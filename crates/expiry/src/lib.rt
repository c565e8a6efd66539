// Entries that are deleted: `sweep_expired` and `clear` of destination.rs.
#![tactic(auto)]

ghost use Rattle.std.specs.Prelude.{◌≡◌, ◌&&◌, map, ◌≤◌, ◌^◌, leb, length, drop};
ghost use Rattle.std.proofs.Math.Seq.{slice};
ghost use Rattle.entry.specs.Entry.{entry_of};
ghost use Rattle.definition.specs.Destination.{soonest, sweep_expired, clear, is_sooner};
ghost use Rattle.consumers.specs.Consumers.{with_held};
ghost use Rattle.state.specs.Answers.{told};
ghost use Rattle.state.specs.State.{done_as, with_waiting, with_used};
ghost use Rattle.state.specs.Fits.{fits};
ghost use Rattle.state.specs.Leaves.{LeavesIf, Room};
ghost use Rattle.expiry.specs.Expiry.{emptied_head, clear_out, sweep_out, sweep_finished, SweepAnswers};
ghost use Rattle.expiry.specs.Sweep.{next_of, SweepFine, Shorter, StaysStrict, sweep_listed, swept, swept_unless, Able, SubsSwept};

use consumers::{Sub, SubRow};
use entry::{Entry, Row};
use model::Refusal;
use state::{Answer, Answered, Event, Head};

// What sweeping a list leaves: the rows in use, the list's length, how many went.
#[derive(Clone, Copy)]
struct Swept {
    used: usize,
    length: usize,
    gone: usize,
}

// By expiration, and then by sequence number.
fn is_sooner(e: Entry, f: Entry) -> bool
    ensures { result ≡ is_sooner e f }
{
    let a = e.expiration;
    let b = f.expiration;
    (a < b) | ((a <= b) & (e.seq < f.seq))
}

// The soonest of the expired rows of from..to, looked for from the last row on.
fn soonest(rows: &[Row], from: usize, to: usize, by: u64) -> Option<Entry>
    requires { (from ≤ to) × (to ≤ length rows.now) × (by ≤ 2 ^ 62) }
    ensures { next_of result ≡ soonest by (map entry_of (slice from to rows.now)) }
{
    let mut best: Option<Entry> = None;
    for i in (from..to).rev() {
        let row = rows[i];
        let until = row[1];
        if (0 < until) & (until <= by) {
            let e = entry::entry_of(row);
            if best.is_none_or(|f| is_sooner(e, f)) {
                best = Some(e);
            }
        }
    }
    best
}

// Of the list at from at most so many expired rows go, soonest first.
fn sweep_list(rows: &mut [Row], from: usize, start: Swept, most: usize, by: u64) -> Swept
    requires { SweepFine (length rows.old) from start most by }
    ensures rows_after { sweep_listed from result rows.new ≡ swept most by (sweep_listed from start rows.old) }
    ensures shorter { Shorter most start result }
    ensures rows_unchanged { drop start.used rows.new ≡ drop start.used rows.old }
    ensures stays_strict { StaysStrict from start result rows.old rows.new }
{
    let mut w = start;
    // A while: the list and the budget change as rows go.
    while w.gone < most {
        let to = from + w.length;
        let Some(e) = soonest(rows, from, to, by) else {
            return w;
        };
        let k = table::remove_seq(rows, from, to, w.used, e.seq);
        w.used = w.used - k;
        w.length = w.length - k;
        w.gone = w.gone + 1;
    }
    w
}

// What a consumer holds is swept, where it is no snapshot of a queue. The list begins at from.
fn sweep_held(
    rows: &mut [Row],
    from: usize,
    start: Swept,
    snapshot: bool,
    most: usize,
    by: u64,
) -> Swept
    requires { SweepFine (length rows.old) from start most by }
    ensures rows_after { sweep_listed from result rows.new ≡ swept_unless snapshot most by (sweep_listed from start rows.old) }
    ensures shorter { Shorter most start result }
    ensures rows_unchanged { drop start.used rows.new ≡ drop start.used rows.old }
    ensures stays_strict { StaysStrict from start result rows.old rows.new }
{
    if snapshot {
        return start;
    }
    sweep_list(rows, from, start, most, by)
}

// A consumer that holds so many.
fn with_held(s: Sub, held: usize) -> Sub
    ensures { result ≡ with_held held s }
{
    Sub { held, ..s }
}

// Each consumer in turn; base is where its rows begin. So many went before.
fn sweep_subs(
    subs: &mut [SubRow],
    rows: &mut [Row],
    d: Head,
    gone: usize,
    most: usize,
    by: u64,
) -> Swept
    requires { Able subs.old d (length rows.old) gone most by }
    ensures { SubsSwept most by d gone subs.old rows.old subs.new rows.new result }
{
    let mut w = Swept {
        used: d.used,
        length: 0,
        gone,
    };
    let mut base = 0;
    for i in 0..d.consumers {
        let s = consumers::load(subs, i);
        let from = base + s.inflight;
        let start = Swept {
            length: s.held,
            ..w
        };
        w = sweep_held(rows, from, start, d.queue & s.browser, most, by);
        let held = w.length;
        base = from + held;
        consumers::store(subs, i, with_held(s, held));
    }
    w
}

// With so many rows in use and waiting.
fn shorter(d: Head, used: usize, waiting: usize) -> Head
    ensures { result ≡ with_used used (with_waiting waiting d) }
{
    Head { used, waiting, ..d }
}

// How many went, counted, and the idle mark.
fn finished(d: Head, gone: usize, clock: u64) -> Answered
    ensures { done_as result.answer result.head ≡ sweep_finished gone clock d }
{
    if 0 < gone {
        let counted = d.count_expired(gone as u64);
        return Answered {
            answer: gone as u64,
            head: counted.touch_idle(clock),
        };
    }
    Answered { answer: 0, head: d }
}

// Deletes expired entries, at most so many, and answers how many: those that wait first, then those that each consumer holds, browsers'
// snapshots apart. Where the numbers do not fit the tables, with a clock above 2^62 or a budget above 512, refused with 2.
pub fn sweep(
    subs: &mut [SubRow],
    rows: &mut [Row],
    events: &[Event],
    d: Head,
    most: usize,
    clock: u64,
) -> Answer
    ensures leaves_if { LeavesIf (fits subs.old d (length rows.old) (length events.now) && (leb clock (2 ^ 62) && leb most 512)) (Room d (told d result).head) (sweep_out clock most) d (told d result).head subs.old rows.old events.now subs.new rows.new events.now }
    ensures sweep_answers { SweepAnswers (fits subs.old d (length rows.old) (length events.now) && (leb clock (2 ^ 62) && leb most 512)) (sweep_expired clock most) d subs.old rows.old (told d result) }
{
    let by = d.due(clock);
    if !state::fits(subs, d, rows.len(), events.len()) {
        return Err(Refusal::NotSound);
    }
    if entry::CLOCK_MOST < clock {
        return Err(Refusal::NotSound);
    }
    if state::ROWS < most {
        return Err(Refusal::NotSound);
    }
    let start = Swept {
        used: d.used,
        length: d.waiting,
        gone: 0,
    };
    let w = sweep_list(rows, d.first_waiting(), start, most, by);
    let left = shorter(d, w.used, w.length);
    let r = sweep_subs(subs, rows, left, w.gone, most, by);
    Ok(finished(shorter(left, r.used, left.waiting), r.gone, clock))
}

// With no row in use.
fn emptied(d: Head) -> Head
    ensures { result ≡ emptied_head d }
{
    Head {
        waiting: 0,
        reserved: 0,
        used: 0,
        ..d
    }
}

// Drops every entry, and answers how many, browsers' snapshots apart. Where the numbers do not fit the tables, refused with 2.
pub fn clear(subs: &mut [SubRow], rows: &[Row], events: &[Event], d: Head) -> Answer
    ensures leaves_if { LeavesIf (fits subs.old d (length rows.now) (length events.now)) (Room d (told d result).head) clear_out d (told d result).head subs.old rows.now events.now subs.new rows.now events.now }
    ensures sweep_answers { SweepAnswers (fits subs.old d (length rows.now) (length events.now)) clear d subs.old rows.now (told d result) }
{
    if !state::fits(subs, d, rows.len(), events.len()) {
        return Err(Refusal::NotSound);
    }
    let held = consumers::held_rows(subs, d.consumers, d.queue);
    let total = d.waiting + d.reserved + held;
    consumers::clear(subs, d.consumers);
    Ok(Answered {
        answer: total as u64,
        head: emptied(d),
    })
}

* Task instructions
Output the complete data verbatim.

* Exercise solution
filename crates/expiry/src/lib.rt
repository c565e8a6efd66539
// Entries that are deleted: `sweep_expired` and `clear` of destination.rs.
#![tactic(auto)]

ghost use Rattle.std.specs.Prelude.{◌≡◌, ◌&&◌, map, ◌≤◌, ◌^◌, leb, length, drop};
ghost use Rattle.std.proofs.Math.Seq.{slice};
ghost use Rattle.entry.specs.Entry.{entry_of};
ghost use Rattle.definition.specs.Destination.{soonest, sweep_expired, clear, is_sooner};
ghost use Rattle.consumers.specs.Consumers.{with_held};
ghost use Rattle.state.specs.Answers.{told};
ghost use Rattle.state.specs.State.{done_as, with_waiting, with_used};
ghost use Rattle.state.specs.Fits.{fits};
ghost use Rattle.state.specs.Leaves.{LeavesIf, Room};
ghost use Rattle.expiry.specs.Expiry.{emptied_head, clear_out, sweep_out, sweep_finished, SweepAnswers};
ghost use Rattle.expiry.specs.Sweep.{next_of, SweepFine, Shorter, StaysStrict, sweep_listed, swept, swept_unless, Able, SubsSwept};

use consumers::{Sub, SubRow};
use entry::{Entry, Row};
use model::Refusal;
use state::{Answer, Answered, Event, Head};

// What sweeping a list leaves: the rows in use, the list's length, how many went.
#[derive(Clone, Copy)]
struct Swept {
    used: usize,
    length: usize,
    gone: usize,
}

// By expiration, and then by sequence number.
fn is_sooner(e: Entry, f: Entry) -> bool
    ensures { result ≡ is_sooner e f }
{
    let a = e.expiration;
    let b = f.expiration;
    (a < b) | ((a <= b) & (e.seq < f.seq))
}

// The soonest of the expired rows of from..to, looked for from the last row on.
fn soonest(rows: &[Row], from: usize, to: usize, by: u64) -> Option<Entry>
    requires { (from ≤ to) × (to ≤ length rows.now) × (by ≤ 2 ^ 62) }
    ensures { next_of result ≡ soonest by (map entry_of (slice from to rows.now)) }
{
    let mut best: Option<Entry> = None;
    for i in (from..to).rev() {
        let row = rows[i];
        let until = row[1];
        if (0 < until) & (until <= by) {
            let e = entry::entry_of(row);
            if best.is_none_or(|f| is_sooner(e, f)) {
                best = Some(e);
            }
        }
    }
    best
}

// Of the list at from at most so many expired rows go, soonest first.
fn sweep_list(rows: &mut [Row], from: usize, start: Swept, most: usize, by: u64) -> Swept
    requires { SweepFine (length rows.old) from start most by }
    ensures rows_after { sweep_listed from result rows.new ≡ swept most by (sweep_listed from start rows.old) }
    ensures shorter { Shorter most start result }
    ensures rows_unchanged { drop start.used rows.new ≡ drop start.used rows.old }
    ensures stays_strict { StaysStrict from start result rows.old rows.new }
{
    let mut w = start;
    // A while: the list and the budget change as rows go.
    while w.gone < most {
        let to = from + w.length;
        let Some(e) = soonest(rows, from, to, by) else {
            return w;
        };
        let k = table::remove_seq(rows, from, to, w.used, e.seq);
        w.used = w.used - k;
        w.length = w.length - k;
        w.gone = w.gone + 1;
    }
    w
}

// What a consumer holds is swept, where it is no snapshot of a queue. The list begins at from.
fn sweep_held(
    rows: &mut [Row],
    from: usize,
    start: Swept,
    snapshot: bool,
    most: usize,
    by: u64,
) -> Swept
    requires { SweepFine (length rows.old) from start most by }
    ensures rows_after { sweep_listed from result rows.new ≡ swept_unless snapshot most by (sweep_listed from start rows.old) }
    ensures shorter { Shorter most start result }
    ensures rows_unchanged { drop start.used rows.new ≡ drop start.used rows.old }
    ensures stays_strict { StaysStrict from start result rows.old rows.new }
{
    if snapshot {
        return start;
    }
    sweep_list(rows, from, start, most, by)
}

// A consumer that holds so many.
fn with_held(s: Sub, held: usize) -> Sub
    ensures { result ≡ with_held held s }
{
    Sub { held, ..s }
}

// Each consumer in turn; base is where its rows begin. So many went before.
fn sweep_subs(
    subs: &mut [SubRow],
    rows: &mut [Row],
    d: Head,
    gone: usize,
    most: usize,
    by: u64,
) -> Swept
    requires { Able subs.old d (length rows.old) gone most by }
    ensures { SubsSwept most by d gone subs.old rows.old subs.new rows.new result }
{
    let mut w = Swept {
        used: d.used,
        length: 0,
        gone,
    };
    let mut base = 0;
    for i in 0..d.consumers {
        let s = consumers::load(subs, i);
        let from = base + s.inflight;
        let start = Swept {
            length: s.held,
            ..w
        };
        w = sweep_held(rows, from, start, d.queue & s.browser, most, by);
        let held = w.length;
        base = from + held;
        consumers::store(subs, i, with_held(s, held));
    }
    w
}

// With so many rows in use and waiting.
fn shorter(d: Head, used: usize, waiting: usize) -> Head
    ensures { result ≡ with_used used (with_waiting waiting d) }
{
    Head { used, waiting, ..d }
}

// How many went, counted, and the idle mark.
fn finished(d: Head, gone: usize, clock: u64) -> Answered
    ensures { done_as result.answer result.head ≡ sweep_finished gone clock d }
{
    if 0 < gone {
        let counted = d.count_expired(gone as u64);
        return Answered {
            answer: gone as u64,
            head: counted.touch_idle(clock),
        };
    }
    Answered { answer: 0, head: d }
}

// Deletes expired entries, at most so many, and answers how many: those that wait first, then those that each consumer holds, browsers'
// snapshots apart. Where the numbers do not fit the tables, with a clock above 2^62 or a budget above 512, refused with 2.
pub fn sweep(
    subs: &mut [SubRow],
    rows: &mut [Row],
    events: &[Event],
    d: Head,
    most: usize,
    clock: u64,
) -> Answer
    ensures leaves_if { LeavesIf (fits subs.old d (length rows.old) (length events.now) && (leb clock (2 ^ 62) && leb most 512)) (Room d (told d result).head) (sweep_out clock most) d (told d result).head subs.old rows.old events.now subs.new rows.new events.now }
    ensures sweep_answers { SweepAnswers (fits subs.old d (length rows.old) (length events.now) && (leb clock (2 ^ 62) && leb most 512)) (sweep_expired clock most) d subs.old rows.old (told d result) }
{
    let by = d.due(clock);
    if !state::fits(subs, d, rows.len(), events.len()) {
        return Err(Refusal::NotSound);
    }
    if entry::CLOCK_MOST < clock {
        return Err(Refusal::NotSound);
    }
    if state::ROWS < most {
        return Err(Refusal::NotSound);
    }
    let start = Swept {
        used: d.used,
        length: d.waiting,
        gone: 0,
    };
    let w = sweep_list(rows, d.first_waiting(), start, most, by);
    let left = shorter(d, w.used, w.length);
    let r = sweep_subs(subs, rows, left, w.gone, most, by);
    Ok(finished(shorter(left, r.used, left.waiting), r.gone, clock))
}

// With no row in use.
fn emptied(d: Head) -> Head
    ensures { result ≡ emptied_head d }
{
    Head {
        waiting: 0,
        reserved: 0,
        used: 0,
        ..d
    }
}

// Drops every entry, and answers how many, browsers' snapshots apart. Where the numbers do not fit the tables, refused with 2.
pub fn clear(subs: &mut [SubRow], rows: &[Row], events: &[Event], d: Head) -> Answer
    ensures leaves_if { LeavesIf (fits subs.old d (length rows.now) (length events.now)) (Room d (told d result).head) clear_out d (told d result).head subs.old rows.now events.now subs.new rows.now events.now }
    ensures sweep_answers { SweepAnswers (fits subs.old d (length rows.now) (length events.now)) clear d subs.old rows.now (told d result) }
{
    if !state::fits(subs, d, rows.len(), events.len()) {
        return Err(Refusal::NotSound);
    }
    let held = consumers::held_rows(subs, d.consumers, d.queue);
    let total = d.waiting + d.reserved + held;
    consumers::clear(subs, d.consumers);
    Ok(Answered {
        answer: total as u64,
        head: emptied(d),
    })
}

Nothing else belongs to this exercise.